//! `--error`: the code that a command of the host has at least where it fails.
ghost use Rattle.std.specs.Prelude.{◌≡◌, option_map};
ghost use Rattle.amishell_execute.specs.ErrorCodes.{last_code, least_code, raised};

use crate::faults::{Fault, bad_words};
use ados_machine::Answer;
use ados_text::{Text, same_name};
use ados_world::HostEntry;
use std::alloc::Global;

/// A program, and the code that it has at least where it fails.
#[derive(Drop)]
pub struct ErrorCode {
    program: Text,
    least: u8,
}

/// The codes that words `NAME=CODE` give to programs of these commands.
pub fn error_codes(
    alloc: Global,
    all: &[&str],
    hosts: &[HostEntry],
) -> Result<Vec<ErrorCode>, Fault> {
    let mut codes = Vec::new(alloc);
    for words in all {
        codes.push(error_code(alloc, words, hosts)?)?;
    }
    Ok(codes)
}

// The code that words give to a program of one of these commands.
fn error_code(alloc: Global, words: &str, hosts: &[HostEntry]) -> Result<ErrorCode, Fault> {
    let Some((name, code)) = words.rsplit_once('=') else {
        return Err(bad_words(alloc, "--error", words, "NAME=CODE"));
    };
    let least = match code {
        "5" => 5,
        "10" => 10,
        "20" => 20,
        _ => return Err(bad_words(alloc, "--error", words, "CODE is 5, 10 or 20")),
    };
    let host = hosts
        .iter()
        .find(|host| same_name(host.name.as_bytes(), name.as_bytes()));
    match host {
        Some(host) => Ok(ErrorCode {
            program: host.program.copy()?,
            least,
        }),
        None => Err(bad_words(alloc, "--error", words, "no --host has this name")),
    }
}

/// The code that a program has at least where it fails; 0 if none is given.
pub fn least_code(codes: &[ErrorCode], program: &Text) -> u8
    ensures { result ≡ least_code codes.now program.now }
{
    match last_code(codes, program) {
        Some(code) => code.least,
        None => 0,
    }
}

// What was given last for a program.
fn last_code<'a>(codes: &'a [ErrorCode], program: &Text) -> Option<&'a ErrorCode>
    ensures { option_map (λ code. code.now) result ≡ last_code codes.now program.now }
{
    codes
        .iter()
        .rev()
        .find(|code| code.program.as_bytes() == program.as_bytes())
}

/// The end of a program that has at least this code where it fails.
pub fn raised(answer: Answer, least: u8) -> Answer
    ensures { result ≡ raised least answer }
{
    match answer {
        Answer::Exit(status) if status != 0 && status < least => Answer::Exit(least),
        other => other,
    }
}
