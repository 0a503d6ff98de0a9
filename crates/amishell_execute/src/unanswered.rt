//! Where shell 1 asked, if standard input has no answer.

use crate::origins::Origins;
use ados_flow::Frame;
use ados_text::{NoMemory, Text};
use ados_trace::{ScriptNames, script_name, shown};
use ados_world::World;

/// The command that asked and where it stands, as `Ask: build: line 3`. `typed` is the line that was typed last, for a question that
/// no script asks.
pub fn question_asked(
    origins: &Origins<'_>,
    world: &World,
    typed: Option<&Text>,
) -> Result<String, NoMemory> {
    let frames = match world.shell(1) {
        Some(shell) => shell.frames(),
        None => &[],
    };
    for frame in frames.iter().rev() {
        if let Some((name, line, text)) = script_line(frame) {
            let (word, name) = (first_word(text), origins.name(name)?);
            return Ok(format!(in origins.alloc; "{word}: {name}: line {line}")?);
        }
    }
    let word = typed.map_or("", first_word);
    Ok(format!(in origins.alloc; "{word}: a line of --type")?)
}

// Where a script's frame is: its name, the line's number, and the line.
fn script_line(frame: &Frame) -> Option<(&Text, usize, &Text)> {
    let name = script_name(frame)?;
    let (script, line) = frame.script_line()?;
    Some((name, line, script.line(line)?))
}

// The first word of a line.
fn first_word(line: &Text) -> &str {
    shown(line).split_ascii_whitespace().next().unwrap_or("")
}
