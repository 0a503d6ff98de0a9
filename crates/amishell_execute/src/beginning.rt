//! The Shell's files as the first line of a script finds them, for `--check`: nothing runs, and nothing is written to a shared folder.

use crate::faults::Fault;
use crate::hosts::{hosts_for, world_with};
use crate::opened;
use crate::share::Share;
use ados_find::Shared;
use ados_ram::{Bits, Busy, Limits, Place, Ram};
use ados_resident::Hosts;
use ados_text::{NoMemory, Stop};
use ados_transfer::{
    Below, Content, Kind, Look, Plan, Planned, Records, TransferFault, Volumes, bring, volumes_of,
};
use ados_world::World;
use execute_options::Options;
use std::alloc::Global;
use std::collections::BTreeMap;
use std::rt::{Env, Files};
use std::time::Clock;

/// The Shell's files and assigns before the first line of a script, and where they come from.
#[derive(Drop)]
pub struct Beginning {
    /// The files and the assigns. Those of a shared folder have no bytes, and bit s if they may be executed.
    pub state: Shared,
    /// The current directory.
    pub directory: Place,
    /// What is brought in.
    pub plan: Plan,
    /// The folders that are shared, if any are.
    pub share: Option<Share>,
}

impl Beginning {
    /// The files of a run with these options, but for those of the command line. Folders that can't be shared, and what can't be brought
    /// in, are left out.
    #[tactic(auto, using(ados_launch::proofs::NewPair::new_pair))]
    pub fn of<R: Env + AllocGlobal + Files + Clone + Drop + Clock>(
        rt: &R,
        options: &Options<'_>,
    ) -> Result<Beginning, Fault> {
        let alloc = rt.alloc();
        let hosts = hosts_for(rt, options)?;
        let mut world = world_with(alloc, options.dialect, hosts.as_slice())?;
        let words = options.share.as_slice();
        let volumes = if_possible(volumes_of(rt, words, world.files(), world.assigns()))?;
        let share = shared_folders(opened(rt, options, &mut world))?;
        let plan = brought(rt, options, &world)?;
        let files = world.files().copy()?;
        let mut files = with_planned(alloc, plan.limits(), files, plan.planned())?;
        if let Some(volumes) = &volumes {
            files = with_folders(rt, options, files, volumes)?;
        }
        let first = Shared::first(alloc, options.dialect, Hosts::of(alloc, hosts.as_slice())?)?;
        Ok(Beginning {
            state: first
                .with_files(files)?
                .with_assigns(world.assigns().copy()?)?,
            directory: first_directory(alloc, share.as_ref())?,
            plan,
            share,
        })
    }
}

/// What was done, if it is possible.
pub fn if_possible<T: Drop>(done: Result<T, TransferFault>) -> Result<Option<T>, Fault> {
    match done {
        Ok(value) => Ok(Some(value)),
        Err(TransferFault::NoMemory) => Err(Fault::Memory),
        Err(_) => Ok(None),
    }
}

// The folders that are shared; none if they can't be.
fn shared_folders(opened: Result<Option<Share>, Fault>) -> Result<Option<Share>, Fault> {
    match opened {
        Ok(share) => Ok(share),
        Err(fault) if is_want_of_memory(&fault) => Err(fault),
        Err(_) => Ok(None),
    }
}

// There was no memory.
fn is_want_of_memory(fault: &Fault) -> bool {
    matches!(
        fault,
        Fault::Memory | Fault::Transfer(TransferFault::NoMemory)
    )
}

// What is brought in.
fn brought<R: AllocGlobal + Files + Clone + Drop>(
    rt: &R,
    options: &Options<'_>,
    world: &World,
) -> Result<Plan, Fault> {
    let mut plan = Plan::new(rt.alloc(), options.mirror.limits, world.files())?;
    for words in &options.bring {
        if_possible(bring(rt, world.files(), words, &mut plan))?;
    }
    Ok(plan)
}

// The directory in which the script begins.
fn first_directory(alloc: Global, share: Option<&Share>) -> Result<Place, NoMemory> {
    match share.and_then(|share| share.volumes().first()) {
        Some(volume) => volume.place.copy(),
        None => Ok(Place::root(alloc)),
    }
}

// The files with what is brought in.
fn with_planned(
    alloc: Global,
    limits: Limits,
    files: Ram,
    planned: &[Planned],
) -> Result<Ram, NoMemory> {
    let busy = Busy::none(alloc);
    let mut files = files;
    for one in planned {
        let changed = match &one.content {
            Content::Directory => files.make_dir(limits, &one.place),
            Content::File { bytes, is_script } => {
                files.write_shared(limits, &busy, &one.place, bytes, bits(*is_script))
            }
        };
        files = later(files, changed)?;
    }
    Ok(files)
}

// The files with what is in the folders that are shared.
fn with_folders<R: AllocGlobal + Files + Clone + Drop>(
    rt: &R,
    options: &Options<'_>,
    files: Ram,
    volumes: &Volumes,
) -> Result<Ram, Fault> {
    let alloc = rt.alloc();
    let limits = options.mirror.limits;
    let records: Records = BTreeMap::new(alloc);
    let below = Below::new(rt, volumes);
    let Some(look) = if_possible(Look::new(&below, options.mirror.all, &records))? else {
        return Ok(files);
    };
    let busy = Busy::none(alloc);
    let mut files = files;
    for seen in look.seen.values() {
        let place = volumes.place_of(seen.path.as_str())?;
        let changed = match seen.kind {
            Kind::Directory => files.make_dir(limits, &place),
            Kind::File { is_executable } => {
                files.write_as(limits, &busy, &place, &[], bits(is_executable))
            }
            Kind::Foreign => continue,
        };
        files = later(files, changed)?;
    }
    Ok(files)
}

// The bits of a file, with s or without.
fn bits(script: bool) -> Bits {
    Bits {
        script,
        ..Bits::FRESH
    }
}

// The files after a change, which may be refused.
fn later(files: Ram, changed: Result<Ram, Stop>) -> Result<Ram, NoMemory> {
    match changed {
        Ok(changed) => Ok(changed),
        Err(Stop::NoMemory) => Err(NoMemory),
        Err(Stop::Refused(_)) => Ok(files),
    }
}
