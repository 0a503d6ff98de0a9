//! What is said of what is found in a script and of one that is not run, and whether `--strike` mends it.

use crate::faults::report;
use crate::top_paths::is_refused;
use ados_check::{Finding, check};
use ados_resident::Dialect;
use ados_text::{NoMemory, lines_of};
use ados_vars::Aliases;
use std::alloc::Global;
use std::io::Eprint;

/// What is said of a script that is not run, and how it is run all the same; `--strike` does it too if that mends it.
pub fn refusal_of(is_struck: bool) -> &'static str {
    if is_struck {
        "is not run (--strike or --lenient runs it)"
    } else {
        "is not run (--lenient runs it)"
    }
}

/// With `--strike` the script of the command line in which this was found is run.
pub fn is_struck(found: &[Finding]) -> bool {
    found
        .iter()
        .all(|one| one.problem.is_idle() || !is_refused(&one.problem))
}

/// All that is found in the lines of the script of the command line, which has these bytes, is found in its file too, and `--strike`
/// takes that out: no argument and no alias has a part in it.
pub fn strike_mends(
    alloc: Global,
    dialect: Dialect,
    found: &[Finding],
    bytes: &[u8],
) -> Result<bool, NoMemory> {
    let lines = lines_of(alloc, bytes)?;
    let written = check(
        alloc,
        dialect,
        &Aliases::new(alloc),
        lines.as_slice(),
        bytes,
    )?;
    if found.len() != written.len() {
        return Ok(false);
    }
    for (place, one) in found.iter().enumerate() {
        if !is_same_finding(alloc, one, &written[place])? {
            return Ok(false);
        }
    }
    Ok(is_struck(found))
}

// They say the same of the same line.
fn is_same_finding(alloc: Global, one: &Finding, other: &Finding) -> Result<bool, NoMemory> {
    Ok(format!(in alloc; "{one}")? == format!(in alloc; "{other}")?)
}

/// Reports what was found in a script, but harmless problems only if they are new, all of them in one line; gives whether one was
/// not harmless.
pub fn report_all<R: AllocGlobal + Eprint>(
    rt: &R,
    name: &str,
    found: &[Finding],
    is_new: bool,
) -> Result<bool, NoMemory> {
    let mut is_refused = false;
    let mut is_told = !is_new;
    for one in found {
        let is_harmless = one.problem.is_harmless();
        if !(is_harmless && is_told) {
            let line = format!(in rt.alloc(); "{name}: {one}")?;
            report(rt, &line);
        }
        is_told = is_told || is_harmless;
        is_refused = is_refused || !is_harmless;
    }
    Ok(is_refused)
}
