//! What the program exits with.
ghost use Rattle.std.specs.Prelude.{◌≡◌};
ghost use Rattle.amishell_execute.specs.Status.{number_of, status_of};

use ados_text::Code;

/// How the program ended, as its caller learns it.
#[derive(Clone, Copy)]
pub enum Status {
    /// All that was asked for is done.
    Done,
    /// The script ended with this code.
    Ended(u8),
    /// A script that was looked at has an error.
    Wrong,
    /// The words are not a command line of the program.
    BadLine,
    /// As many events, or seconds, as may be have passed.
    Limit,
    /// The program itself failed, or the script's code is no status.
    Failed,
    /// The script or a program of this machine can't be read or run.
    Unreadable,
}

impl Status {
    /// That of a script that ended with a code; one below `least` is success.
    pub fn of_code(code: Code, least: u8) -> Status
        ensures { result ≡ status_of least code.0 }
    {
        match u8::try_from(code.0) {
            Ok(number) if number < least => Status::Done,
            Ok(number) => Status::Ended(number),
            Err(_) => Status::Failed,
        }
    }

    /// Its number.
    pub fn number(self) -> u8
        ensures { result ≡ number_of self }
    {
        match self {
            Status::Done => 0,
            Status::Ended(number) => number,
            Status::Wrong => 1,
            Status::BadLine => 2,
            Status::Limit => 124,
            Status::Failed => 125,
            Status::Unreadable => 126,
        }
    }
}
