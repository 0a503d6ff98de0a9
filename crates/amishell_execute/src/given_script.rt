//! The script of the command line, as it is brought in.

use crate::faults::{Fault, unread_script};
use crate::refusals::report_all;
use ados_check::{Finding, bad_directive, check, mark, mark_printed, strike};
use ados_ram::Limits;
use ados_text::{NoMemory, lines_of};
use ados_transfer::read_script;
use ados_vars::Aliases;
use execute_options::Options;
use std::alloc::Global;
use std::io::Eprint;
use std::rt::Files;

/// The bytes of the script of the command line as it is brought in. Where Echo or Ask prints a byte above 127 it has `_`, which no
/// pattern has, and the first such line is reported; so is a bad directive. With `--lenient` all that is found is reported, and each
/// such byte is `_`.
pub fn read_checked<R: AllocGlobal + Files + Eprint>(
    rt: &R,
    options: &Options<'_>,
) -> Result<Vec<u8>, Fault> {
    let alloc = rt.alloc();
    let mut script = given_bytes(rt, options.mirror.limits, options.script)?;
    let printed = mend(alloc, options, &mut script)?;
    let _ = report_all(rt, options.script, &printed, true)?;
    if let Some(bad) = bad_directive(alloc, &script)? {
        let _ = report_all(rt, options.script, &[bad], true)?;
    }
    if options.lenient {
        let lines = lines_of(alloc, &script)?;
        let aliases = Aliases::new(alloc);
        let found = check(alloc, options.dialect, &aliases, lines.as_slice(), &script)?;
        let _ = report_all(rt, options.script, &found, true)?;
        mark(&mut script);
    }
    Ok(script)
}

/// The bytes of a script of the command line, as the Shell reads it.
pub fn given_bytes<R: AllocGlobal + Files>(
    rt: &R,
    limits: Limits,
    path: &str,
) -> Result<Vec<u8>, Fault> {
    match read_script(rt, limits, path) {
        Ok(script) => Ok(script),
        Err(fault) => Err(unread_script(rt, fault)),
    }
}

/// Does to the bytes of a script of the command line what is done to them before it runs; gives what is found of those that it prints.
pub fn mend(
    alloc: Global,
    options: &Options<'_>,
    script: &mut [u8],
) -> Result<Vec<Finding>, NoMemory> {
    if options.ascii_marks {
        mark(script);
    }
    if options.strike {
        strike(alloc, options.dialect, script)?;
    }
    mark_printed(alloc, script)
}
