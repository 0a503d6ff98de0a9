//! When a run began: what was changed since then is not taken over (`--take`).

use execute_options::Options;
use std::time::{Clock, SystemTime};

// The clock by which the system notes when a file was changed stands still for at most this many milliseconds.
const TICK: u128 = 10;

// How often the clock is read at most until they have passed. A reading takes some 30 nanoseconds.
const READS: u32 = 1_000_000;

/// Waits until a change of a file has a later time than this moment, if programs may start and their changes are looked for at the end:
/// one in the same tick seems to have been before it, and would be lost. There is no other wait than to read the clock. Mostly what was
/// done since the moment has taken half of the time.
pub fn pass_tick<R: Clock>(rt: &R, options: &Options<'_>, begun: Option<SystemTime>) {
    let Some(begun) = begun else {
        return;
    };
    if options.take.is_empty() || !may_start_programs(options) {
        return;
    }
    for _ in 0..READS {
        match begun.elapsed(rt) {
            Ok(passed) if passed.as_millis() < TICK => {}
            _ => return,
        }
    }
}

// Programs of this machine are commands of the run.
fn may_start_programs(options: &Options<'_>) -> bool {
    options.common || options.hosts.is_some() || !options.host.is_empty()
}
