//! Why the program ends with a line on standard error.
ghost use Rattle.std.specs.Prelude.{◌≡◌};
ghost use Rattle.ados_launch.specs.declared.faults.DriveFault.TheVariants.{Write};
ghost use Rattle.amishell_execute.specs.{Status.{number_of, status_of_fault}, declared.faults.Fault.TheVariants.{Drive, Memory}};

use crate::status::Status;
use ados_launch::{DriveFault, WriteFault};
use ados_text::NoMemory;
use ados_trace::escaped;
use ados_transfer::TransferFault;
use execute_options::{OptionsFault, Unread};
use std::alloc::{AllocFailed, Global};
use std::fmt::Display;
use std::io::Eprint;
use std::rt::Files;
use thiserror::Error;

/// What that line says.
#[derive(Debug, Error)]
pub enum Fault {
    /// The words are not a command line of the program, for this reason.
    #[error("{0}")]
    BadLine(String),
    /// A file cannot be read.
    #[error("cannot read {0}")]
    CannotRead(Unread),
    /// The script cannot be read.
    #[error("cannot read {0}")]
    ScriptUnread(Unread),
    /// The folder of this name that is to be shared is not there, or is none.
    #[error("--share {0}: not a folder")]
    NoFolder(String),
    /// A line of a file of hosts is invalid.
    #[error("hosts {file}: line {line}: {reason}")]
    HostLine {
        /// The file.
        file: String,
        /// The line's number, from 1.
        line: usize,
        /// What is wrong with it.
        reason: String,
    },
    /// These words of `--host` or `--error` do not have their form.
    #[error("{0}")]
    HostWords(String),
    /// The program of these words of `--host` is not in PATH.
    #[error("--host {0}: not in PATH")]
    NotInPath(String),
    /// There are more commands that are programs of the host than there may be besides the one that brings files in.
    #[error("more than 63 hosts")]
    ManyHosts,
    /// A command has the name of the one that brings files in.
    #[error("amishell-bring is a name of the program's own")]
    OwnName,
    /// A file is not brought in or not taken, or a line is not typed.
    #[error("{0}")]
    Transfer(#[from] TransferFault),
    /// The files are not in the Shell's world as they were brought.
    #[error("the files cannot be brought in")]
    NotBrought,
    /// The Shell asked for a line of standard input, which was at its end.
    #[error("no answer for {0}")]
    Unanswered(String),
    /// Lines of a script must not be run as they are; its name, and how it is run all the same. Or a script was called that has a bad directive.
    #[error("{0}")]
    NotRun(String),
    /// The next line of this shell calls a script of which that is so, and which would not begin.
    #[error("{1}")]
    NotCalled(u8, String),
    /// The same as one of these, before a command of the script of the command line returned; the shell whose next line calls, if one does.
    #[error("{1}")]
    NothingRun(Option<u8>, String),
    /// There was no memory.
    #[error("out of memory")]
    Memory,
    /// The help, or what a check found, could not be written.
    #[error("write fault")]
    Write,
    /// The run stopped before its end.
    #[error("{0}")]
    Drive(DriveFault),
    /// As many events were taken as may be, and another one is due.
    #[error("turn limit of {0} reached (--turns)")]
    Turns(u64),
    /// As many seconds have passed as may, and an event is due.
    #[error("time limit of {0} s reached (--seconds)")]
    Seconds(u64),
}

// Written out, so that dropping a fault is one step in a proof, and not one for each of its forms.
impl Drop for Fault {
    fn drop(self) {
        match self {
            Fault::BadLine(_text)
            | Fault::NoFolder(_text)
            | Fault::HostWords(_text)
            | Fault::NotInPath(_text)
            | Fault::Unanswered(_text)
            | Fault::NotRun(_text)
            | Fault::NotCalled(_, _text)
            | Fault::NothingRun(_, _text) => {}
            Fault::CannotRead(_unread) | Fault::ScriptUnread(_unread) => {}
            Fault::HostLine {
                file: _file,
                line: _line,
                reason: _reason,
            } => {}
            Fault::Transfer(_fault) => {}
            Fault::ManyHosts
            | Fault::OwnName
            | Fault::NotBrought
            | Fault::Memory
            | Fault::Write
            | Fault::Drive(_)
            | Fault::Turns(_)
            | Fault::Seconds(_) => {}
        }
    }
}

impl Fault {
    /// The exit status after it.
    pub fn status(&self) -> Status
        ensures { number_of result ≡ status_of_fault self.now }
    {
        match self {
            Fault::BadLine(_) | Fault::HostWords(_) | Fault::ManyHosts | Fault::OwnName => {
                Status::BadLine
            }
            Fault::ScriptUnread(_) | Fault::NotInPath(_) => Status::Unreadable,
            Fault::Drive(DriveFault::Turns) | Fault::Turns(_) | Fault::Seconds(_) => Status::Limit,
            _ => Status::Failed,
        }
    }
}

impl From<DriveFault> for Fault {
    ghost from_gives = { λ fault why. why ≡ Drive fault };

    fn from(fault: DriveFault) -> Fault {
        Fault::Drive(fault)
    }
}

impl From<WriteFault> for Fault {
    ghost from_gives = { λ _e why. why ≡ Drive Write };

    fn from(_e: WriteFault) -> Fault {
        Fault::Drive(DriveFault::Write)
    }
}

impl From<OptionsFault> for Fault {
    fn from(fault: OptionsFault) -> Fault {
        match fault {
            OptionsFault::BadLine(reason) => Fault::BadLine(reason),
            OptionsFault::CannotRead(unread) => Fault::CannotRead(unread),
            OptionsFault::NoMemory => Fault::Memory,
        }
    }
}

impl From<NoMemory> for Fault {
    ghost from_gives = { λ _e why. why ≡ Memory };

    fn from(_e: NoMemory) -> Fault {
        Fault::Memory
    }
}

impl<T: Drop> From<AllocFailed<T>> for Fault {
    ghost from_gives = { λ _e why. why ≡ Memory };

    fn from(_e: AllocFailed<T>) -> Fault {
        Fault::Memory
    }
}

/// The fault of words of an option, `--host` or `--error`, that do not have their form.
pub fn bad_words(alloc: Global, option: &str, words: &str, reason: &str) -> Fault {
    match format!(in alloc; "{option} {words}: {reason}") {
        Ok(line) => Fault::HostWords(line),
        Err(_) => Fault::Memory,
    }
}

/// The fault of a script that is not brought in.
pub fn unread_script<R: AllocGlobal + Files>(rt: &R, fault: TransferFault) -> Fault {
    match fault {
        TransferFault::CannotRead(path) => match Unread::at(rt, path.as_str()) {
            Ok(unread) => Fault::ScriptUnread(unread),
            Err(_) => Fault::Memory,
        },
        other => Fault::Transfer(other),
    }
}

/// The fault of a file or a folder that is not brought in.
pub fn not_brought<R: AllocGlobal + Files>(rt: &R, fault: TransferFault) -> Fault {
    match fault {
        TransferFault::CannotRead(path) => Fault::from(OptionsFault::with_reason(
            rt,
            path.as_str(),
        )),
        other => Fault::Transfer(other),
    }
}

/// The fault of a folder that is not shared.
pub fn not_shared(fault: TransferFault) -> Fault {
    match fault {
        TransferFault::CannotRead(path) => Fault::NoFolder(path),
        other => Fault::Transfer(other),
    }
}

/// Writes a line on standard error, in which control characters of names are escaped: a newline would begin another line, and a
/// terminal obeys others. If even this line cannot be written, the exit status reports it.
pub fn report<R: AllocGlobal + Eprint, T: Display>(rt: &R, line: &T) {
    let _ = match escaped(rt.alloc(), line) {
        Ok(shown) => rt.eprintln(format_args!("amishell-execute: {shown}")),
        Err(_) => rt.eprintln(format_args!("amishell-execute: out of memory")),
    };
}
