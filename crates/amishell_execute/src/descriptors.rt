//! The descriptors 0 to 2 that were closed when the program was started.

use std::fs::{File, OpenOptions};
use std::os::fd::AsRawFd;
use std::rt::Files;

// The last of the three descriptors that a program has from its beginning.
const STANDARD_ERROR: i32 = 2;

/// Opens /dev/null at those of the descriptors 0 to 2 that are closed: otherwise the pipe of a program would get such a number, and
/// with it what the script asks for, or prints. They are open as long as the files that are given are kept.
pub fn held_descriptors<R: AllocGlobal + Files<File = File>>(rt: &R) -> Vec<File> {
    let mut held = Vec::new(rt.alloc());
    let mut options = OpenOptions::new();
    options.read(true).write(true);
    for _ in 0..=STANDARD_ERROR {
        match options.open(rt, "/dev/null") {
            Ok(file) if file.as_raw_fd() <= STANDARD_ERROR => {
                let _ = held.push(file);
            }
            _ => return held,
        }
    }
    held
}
═══
▸ About this exercise
Wherever the word "next" turns up in the records above, copy the line that holds it.

▸ Problem solution
    shown(line).split_ascii_whitespace().next().unwrap_or("")
    /// The next line of this shell calls a script of which that is so, and which would not begin.
    /// The same as one of these, before a command of the script of the command line returned; the shell whose next line calls, if one does.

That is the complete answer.